[Data excerpts]:
+++

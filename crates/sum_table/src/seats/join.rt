//! Seats are split and joined, meet notes, and end.
ghost use Rattle.std.specs.Prelude.{◌≡◌};

use super::mix::MixSeat;
use super::note::SeatNote;
use super::parts::{Amount, Both, Copied, Part};
use super::player::PlayerSeat;
use super::plays::Learn;
use super::reach::Reach;
use ring_rule::LapStart;
use snd_base::Cursor;
use std::marker::Brand;

/// Where a ring was closed: `position` is the position that the player published last, or the number of the first frame,
/// and `next` the next word that it would have taken.
#[derive(Clone, Copy, Debug, PartialEq, Eq)]
pub struct Closed {
    pub position: u64,
    pub next: Cursor,
}

impl<'a> MixSeat<'a> {
    ghost use Rattle.std.specs.Prelude.{◌≤◌, []};
    ghost use Rattle.sum_table.specs.Joins.{HasClosed, HasJoined, HasMet, HasNote, HasSplit, OneRing, note_key, note_ring};
    ghost use Rattle.sum_table.specs.Players.{player_key, player_ring};
    ghost use Rattle.sum_table.specs.Seats.{key_of, places_of_seat, ring_of, view_of};

    /// Moves some of this seat's places to a new seat of this member. The new seat has seen as much as this one, and has
    /// placed nothing. The caller shows that this seat has so many places, and that nothing was placed by it (`is_fresh`).
    pub fn split(&mut self, places: u32, member: u32) -> MixSeat<'a>
        requires places { places ≤ places_of_seat self.old }
        requires laid_nothing { (view_of self.old).laid ≡ [] }
        ensures { HasSplit self.old self.new result places member }
    {
        self.cut::<Brand>(places, member)
    }

    fn cut<B: Amount>(&mut self, places: u32, member: u32) -> MixSeat<'a>
        requires amount { B.amount ≡ places }
        requires places { places ≤ places_of_seat self.old }
        requires laid_nothing { (view_of self.old).laid ≡ [] }
        ensures { HasSplit self.old self.new result places member }
    {
        let ring = self.ring;
        let key = self.key;
        let seat = ring.split_seat::<Part<B>>(&mut self.seat);
        self.places -= places;
        MixSeat {
            ring,
            seat,
            key,
            member,
            places,
            reach: Reach::start(key.geometry),
            seen: self.seen,
            start: self.start,
        }
    }

    /// Takes over the other seat's places, its placed entries and all that it has seen; the later cursor stays. The caller
    /// shows that both seats are of one ring.
    pub fn join(&mut self, other: MixSeat<'_>)
        requires { OneRing (ring_of other) (key_of other) (ring_of self.old) (key_of self.old) }
        ensures { HasJoined self.old self.new other.entry }
    {
        let MixSeat {
            ring: _,
            seat,
            key: _,
            member: _,
            places,
            reach,
            seen,
            start: _,
        } = other;
        self.ring.join_seat::<Both>(&mut self.seat, seat);
        self.ring.load::<Learn>(&mut self.seat, 0);
        self.places += places;
        self.reach.join(&reach, places);
        self.seen = self.seen.max(seen);
    }

    /// A note of all that this seat has seen, for another seat of the ring to meet.
    pub fn note(&mut self) -> SeatNote<'a>
        ensures { HasNote self.old self.new result }
    {
        let ring = self.ring;
        let key = self.key;
        let seat = ring.split_seat::<Copied>(&mut self.seat);
        SeatNote {
            seat: MixSeat {
                ring,
                seat,
                key,
                member: self.member,
                places: 0,
                reach: Reach::start(key.geometry),
                seen: self.seen,
                start: self.start,
            },
        }
    }

    /// Meets a note: from now on this seat has seen what the note has seen. So no later position is before the greatest one
    /// of the note, and once the note has seen the card gone, every later position is gone. The caller shows that both are
    /// of one ring.
    pub fn meet(&mut self, note: SeatNote<'_>)
        requires { OneRing (note_ring note) (note_key note) (ring_of self.old) (key_of self.old) }
        ensures { HasMet self.old self.new note.entry }
    {
        let SeatNote { seat } = note;
        self.join(seat);
    }

    /// Ends this seat and the player's, and with them the ring's work: then the ring can be dropped. The caller shows that
    /// this seat has all places (`has_all_places`) and that both seats are of one ring.
    pub fn close(self, player: PlayerSeat<'_>) -> Closed
        requires all_places { places_of_seat self ≡ (key_of self).places }
        requires one_ring { OneRing (player_ring player) (player_key player)
            (ring_of self) (key_of self) }
        ensures { HasClosed self.entry player.entry result }
    {
        let MixSeat {
            ring,
            mut seat,
            key: _,
            member: _,
            places: _,
            reach: _,
            seen: _,
            start: _,
        } = self;
        let PlayerSeat {
            ring: _,
            seat: other,
            key: _,
            next,
            position,
            gone: _,
            start: _,
        } = player;
        ring.join_seat::<Both>(&mut seat, other);
        ring.load::<Learn>(&mut seat, 0);
        Closed { position, next }
    }
}

impl<'a> PlayerSeat<'a> {
    ghost use Rattle.sum_table.specs.Joins.{HasHeard, HasPlayerNote, OneRing, note_key, note_ring};
    ghost use Rattle.sum_table.specs.Players.{player_key, player_ring};

    /// A note of all that the player has seen, and so of each position that it published, for a seat of the ring to meet.
    pub fn note(&mut self) -> SeatNote<'a>
        ensures { HasPlayerNote self.old self.new result }
    {
        let ring = self.ring;
        let key = self.key;
        let seat = ring.split_seat::<Copied>(&mut self.seat);
        SeatNote {
            seat: MixSeat {
                ring,
                seat,
                key,
                member: 0,
                places: 0,
                reach: Reach::start(key.geometry),
                seen: self.position,
                start: LapStart::first(&key.geometry),
            },
        }
    }

    /// Meets a note, and learns that what it has seen is what this player did. The caller shows that both are of one ring.
    pub fn meet(&mut self, note: SeatNote<'_>)
        requires { OneRing (note_ring note) (note_key note)
            (player_ring self.old) (player_key self.old) }
        ensures { HasHeard self.old self.new note.entry }
    {
        let SeatNote { seat: met } = note;
        let MixSeat {
            ring: _,
            seat,
            key: _,
            member: _,
            places: _,
            reach: _,
            seen: _,
            start: _,
        } = met;
        self.ring.join_seat::<Both>(&mut self.seat, seat);
        self.ring.load::<Learn>(&mut self.seat, 0);
    }
}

+++

[How to complete this task]: Write out exactly the lines from the beginning of the material above through the line with "use snd_base::Cursor;", including both and omitting all others.

[The answer]:
filename crates/sum_table/src/seats/join.rt
//! Seats are split and joined, meet notes, and end.
ghost use Rattle.std.specs.Prelude.{◌≡◌};

use super::mix::MixSeat;
use super::note::SeatNote;
use super::parts::{Amount, Both, Copied, Part};
use super::player::PlayerSeat;
use super::plays::Learn;
use super::reach::Reach;
use ring_rule::LapStart;
use snd_base::Cursor;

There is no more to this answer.